RELATÓRIO – Advogado devidamente inscrito nesta Secção de São Paulo, louvando a posição deste tribunal acerca da possibilidade de emissão de boletos bancários para facilitar o pagamento de honorários, indaga a possibilidade de o advogado ou a sociedade de advogados conceder descontos para pagamento antes da data de vencimento, com vistas a fomentar o pagamento pontual. O próprio consulente sugere prós e contras para a hipótese em estudo, lembrando que o desconto pode ser visto como uma manifestação de desconfiança do advogado por uma potencial mora do cliente, de um lado, e como um benefício voluntário do advogado ao cliente, de outro.

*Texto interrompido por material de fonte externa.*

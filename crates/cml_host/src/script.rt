//! Scripts: the forms and the program that the text of a file is, or why it is none; and the commands that tell only that.

ghost use Rattle.std.specs.{Prelude.{◌≡◌, ◌++◌, IfOk, IfErr, codes, length}, Fmt.{decimal}};
ghost use Rattle.cml_host.specs.{Refused.{RefusesAs}, Stores.{IsUnchanged}};
ghost use Rattle.cml_host.specs.Scripts.{ArePrinted, HasForms, HasNoForms, IsCounted, IsFaulty, IsNoScript, IsOpened, IsProgramOf, IsUnshaped, plain_script};
ghost use Rattle.cml_text.specs.{Lines.{line}, Texts.{Spells}};

use crate::refusal::{Refusal, load};
use crate::source::{Source, TEXT_LIMIT, tell_script, tell_text};
use crate::store::Store;
use cml_check::{CheckFault, Prog, check};
use cml_text::{Sexpr, TextFault, print, read};
use std::alloc::{AllocError, Global};

/// A script.
#[derive(Drop)]
pub struct Script {
    /// Its text.
    pub text: Vec<u8>,
    /// The forms that the text spells.
    pub forms: Vec<Sexpr>,
    /// The program that they are.
    pub program: Prog,
}

/// The command `check`: how many functions the script has that lies under the name.
///
/// # Errors
/// Why there is none, explained where that is asked for.
pub fn check_file<S: Store>(
    alloc: Global,
    name: &str,
    explains: bool,
    store: &mut S,
) -> Result<Vec<u8>, Refusal>
    ensures ok { IfOk result (λ told. IsCounted (S.holds store.old name.now) told.items) }
    ensures err { IfErr result (RefusesAs (IsNoScript explains name.now (S.holds store.old name.now))) }
    ensures same { IsUnchanged (S.holds store.old) (S.holds store.new) }
{
    let script = open_script(alloc, name, explains, store)?;
    Ok(count_functions(alloc, &script.program)?)
}

// How many functions the program has.
fn count_functions(alloc: Global, program: &Prog) -> Result<Vec<u8>, AllocError>
    ensures { IfOk result (λ told. told.items ≡ line (codes "ok functions " ++ decimal (length program.now))) }
{
    let count = program.functions();
    Ok(format!(in alloc; "ok functions {count}\n")?.into_bytes())
}

/// The command `fmt`: the forms of the text that lies under the name, each on a line.
///
/// # Errors
/// Why it spells none, explained where that is asked for.
pub fn print_file<S: Store>(
    alloc: Global,
    name: &str,
    explains: bool,
    store: &mut S,
) -> Result<Vec<u8>, Refusal>
    ensures ok { IfOk result (λ told. ArePrinted (S.holds store.old name.now) told.items) }
    ensures err { IfErr result (RefusesAs (HasNoForms explains name.now (S.holds store.old name.now))) }
    ensures same { IsUnchanged (S.holds store.old) (S.holds store.new) }
{
    let (text, forms) = open_forms(alloc, name, explains, store)?;
    drop(text);
    Ok(print(alloc, forms.as_slice())?.into_bytes())
}

/// The script that lies under the name.
///
/// # Errors
/// Why there is none, explained where that is asked for.
pub fn open_script<S: Store>(
    alloc: Global,
    name: &str,
    explains: bool,
    store: &mut S,
) -> Result<Script, Refusal>
    ensures ok { IfOk result (λ script. IsOpened (S.holds store.old name.now) (plain_script script)) }
    ensures err { IfErr result (RefusesAs (IsNoScript explains name.now (S.holds store.old name.now))) }
    ensures same { IsUnchanged (S.holds store.old) (S.holds store.new) }
{
    let (text, forms) = open_forms(alloc, name, explains, store)?;
    let source = Source {
        name,
        text: text.as_slice(),
        explains,
    };
    let program = check_forms(alloc, &source, forms.as_slice())?;
    Ok(Script {
        text,
        forms,
        program,
    })
}

// The text that lies under the name, and the forms that it spells.
fn open_forms<S: Store>(
    alloc: Global,
    name: &str,
    explains: bool,
    store: &mut S,
) -> Result<(Vec<u8>, Vec<Sexpr>), Refusal>
    ensures ok { IfOk result (λ found. HasForms (S.holds store.old name.now) found.0.items found.1.items) }
    ensures err { IfErr result (RefusesAs (HasNoForms explains name.now (S.holds store.old name.now))) }
    ensures same { IsUnchanged (S.holds store.old) (S.holds store.new) }
{
    let text = load(alloc, name, explains, TEXT_LIMIT, store)?;
    let source = Source {
        name,
        text: text.as_slice(),
        explains,
    };
    let forms = read_forms(alloc, &source)?;
    Ok((text, forms))
}

// The forms that the text spells.
fn read_forms(alloc: Global, source: &Source<'_>) -> Result<Vec<Sexpr>, Refusal>
    ensures ok { IfOk result (λ forms. Spells source.now.text.now forms.items) }
    ensures err { IfErr result (RefusesAs (IsFaulty source.now.explains source.now.text.now)) }
{
    match read(alloc, source.text) {
        Ok(forms) => Ok(forms),
        Err(TextFault::At { kind, at }) => {
            Err(Refusal::Told(tell_text(alloc, source, kind, at)?, 2))
        }
        Err(TextFault::Memory) => Err(Refusal::Memory),
    }
}

// The program that the forms are.
fn check_forms(alloc: Global, source: &Source<'_>, forms: &[Sexpr]) -> Result<Prog, Refusal>
    ensures ok { IfOk result (IsProgramOf forms.now) }
    ensures err { IfErr result (RefusesAs (IsUnshaped source.now.explains forms.now)) }
{
    match check(alloc, forms) {
        Ok(program) => Ok(program),
        Err(CheckFault::At { kind, at }) => {
            Err(Refusal::Told(tell_script(alloc, source, forms, kind, at)?, 2))
        }
        Err(CheckFault::Memory) => Err(Refusal::Memory),
    }
}
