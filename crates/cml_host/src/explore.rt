//! The command `explore`: a script runs many times, and it is told how the runs end.

ghost use Rattle.std.specs.{Prelude.{◌≡◌, [], ◌+◌, ◌++◌, ◌-◌, ◌≤◌, ◌<◌, ◌^◌, IfOk, IfErr, IfSome, OnErr, OnOk, filter, length, map, option_map, true}, Fmt.{decimal}};
ghost use Rattle.std.specs.{List.{All, list_any}, String.{string_bytes}};
ghost use Rattle.cml_check.specs.Sizes.{size_of};
ghost use Rattle.cml_explore.specs.Explored.{HasMade, IsExplored, SoFar};
ghost use Rattle.cml_host.specs.Behind.{bytes_of};
ghost use Rattle.cml_host.specs.Exploring.{AsksForRuns, ExploreOutcome, ExploresSo, IsBeside, ProgramExplored, RunsWritten, ScriptExplored, ShowsMarks, StopsShowing, TellsRuns, WantedExplored, explored_until, file_told, files_behind, files_from, files_told, judged, none_seen, saved_start, stop_in, stops_of};
ghost use Rattle.cml_host.specs.{Narrated.{IsCutBy, Writes}, Replies.{file, passage, plain_file, plain_of, plain_reply}, Scripts.{plain_script}, Stores.{IsUnchanged, Shelf}};
ghost use Rattle.cml_host.specs.Exploring as spec;
ghost use Rattle.cml_host.specs.declared.explain.Halt.TheVariants.{Write};
ghost use Rattle.cml_hub.specs.Kept.{IsBudget};
ghost use Rattle.cml_schedule.specs.Written.{schedule_text};
ghost use Rattle.cml_stream.specs.{Counts.{counted}, Streams.{stream}};
ghost use Rattle.cml_arguments.specs.Words.{IsDepth, IsRuns, saved_name, start_of, until_named};
ghost use Rattle.cml_explore.specs.{Stops.{is_saved}, Told.{IsToldOfRuns}};
ghost use Rattle.cml_phrase.specs.Spots.{all_places};

use crate::explain::Halt;
use crate::order::{order_said, orders_said};
use crate::output::write_words;
use crate::refusal::Refusal;
use crate::reply::{File, Reply, carry_out, new_file};
use crate::script::{Script, open_script};
use crate::servers::find_servers;
use crate::store::Store;
use crate::wanted::{Alike, find_properties};
use cml_arguments::{ExploreOptions, Until as Word};
use cml_check::Prog;
use cml_explore::{
    Asked, ClassTold, Classes, Explored, RunsTold, Until, first_output, tell_runs, write_runs,
};
use cml_json::explore_json;
use cml_judge::Wanted;
use cml_properties::Property;
use cml_schedule::{Item, schedule_text};
use cml_stream::Counting;
use std::alloc::{AllocError, Global};
use std::io::Write;
use std::thread::{Threads, available_parallelism};

// The status where a run did not end well.
const UNWELL: u8 = 6;

/// How many bad and how many good classes there were.
#[derive(Clone, Copy)]
struct Seen {
    bad: usize,
    good: usize,
}

/// Makes the runs of the script that lies under its name that are asked for, tells how they ended, and saves a schedule of each kind of end, where
/// that is asked for. Where the errors go to a terminal it is shown meanwhile how far it is. What is wrong with the script is explained.
pub fn explore_file<R: Threads + Sync, O: Write, E: Write, S: Store>(
    rt: &R,
    alloc: Global,
    options: &ExploreOptions<'_>,
    terminal: bool,
    out: &mut Counting<'_, O>,
    err: &mut Counting<'_, E>,
    store: &mut S,
) -> u8
    requires counts { IsRuns options.now.runs × IsBudget options.now.steps }
    requires depth { IfSome options.now.priority IsDepth }
    requires seeds { options.now.seed + options.now.runs ≤ 2 ^ 64 }
    ensures ran { let output = passage O.contents out.old out.new in
        let errors = passage E.contents err.old err.new in
        let shelf : Shelf = record { before = S.holds store.old; after = S.holds store.new } in
        ExploreOutcome options.now terminal output errors shelf result }
    ensures same_out { out.new.stream.ghost_name ≡ out.old.stream.ghost_name }
    ensures same_err { err.new.stream.ghost_name ≡ err.old.stream.ghost_name }
{
    let made = explore_there(rt, alloc, options, terminal, err, store);
    carry_out(alloc, "", &made, out, err, store)
}

// Makes the runs, shows how far it is, and returns what is told of them.
fn explore_there<R: Threads + Sync, E: Write, S: Store>(
    rt: &R,
    alloc: Global,
    options: &ExploreOptions<'_>,
    shows: bool,
    err: &mut Counting<'_, E>,
    store: &mut S,
) -> Result<Reply, Refusal>
    requires counts { IsRuns options.now.runs × IsBudget options.now.steps }
    requires depth { IfSome options.now.priority IsDepth }
    requires seeds { options.now.seed + options.now.runs ≤ 2 ^ 64 }
    ensures told { ExploresSo options.now shows (S.holds store.old) (passage E.contents err.old err.new) (plain_reply [] result) }
    ensures same { IsUnchanged (S.holds store.old) (S.holds store.new) }
    ensures same_err { err.new.stream.ghost_name ≡ err.old.stream.ghost_name }
{
    match open_script(alloc, options.script, true, store) {
        Ok(script) => explore_wanted(rt, alloc, &script, options, shows, err, store),
        Err(why) => Err(why),
    }
}

// The same of the script, where it is known what must hold of each run.
fn explore_wanted<R: Threads + Sync, E: Write, S: Store>(
    rt: &R,
    alloc: Global,
    script: &Script,
    options: &ExploreOptions<'_>,
    shows: bool,
    err: &mut Counting<'_, E>,
    store: &mut S,
) -> Result<Reply, Refusal>
    requires counts { IsRuns options.now.runs × IsBudget options.now.steps }
    requires depth { IfSome options.now.priority IsDepth }
    requires seeds { options.now.seed + options.now.runs ≤ 2 ^ 64 }
    ensures told { WantedExplored options.now shows (plain_script script.now) (S.holds store.old) (passage E.contents err.old err.new) (plain_reply [] result) }
    ensures same { IsUnchanged (S.holds store.old) (S.holds store.new) }
    ensures same_err { err.new.stream.ghost_name ≡ err.old.stream.ghost_name }
{
    let alike = Alike {
        lines: options.same_lines,
        order: options.same_order,
    };
    match find_properties(alloc, &options.properties, alike, true, store) {
        Ok(properties) => explore_opened(
            rt,
            alloc,
            script,
            properties.as_slice(),
            options,
            shows,
            err,
        ),
        Err(why) => Err(why),
    }
}
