// Written out, so that how the parts are dropped is proved once, and whoever drops one calls this.
impl<T: Table + Drop> Drop for Book<T> {
    fn drop(self) {
        let Book {
            state,
            table,
            lit,
            unlit,
        } = self;
        drop(state);
        drop(table);
        drop(lit);
        drop(unlit);
    }
}

impl<T: Table> Model for Book<T> {
    ghost use Rattle.std.specs.{Prelude.{◌≡◌, []}, Vec.{vec_capacity}};
    ghost use Rattle.cml_scan.specs.{World.{PlainWorld}, Codes.{world_code}};
    ghost use Rattle.cml_book.specs.Keeping.{Keeps};

    ghost Value = { PlainWorld };

    ghost coded = { world_code };

    ghost view = { λ b. b.state };

    ghost invariant = { λ b.
        (Keeps b.state (T.entries b.table) (T.is_lit b.table)
        (record { lit = vec_capacity b.lit; unlit = vec_capacity b.unlit }))
        × (b.lit.items ≡ []) × (b.unlit.items ≡ []) };
}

PARECER – No objetivo de buscar elementos conceituais para responder à questão, deparei-me com uma dificuldade: conceituar o termo “advocacia” e “mercantilização”, como meios de identificar a melhor resposta à seguinte pergunta: a oferta de desconto nos honorários pagos com pontualidade constitui, ou não, mercantilização da profissão, vedada por nosso CED?
Na pesquisa, encontrei um artigo, denominado “Conceito e Características da Advocacia”, da lavra do Dr. Thiago Cássio D'Ávila¹, Procurador Federal, que oferece uma bela sistematização do termo, e que vale a pena reproduzir:
“‘2. Conceito.
A advocacia não é uma mera atividade profissional. Por outro lado, não é tarefa fácil definir a advocacia, pois a tentativa de definição isenta invariavelmente frustra-se pelas influências humanísticas e políticas do conceituador que, inserido em uma determinada ordem jurídica, será tentado a ver a advocacia sob a ótica das leis que regem a atividade em seu país. Por isso, proponho diferentes critérios de conceituação, a depender do aspecto teleológico desta.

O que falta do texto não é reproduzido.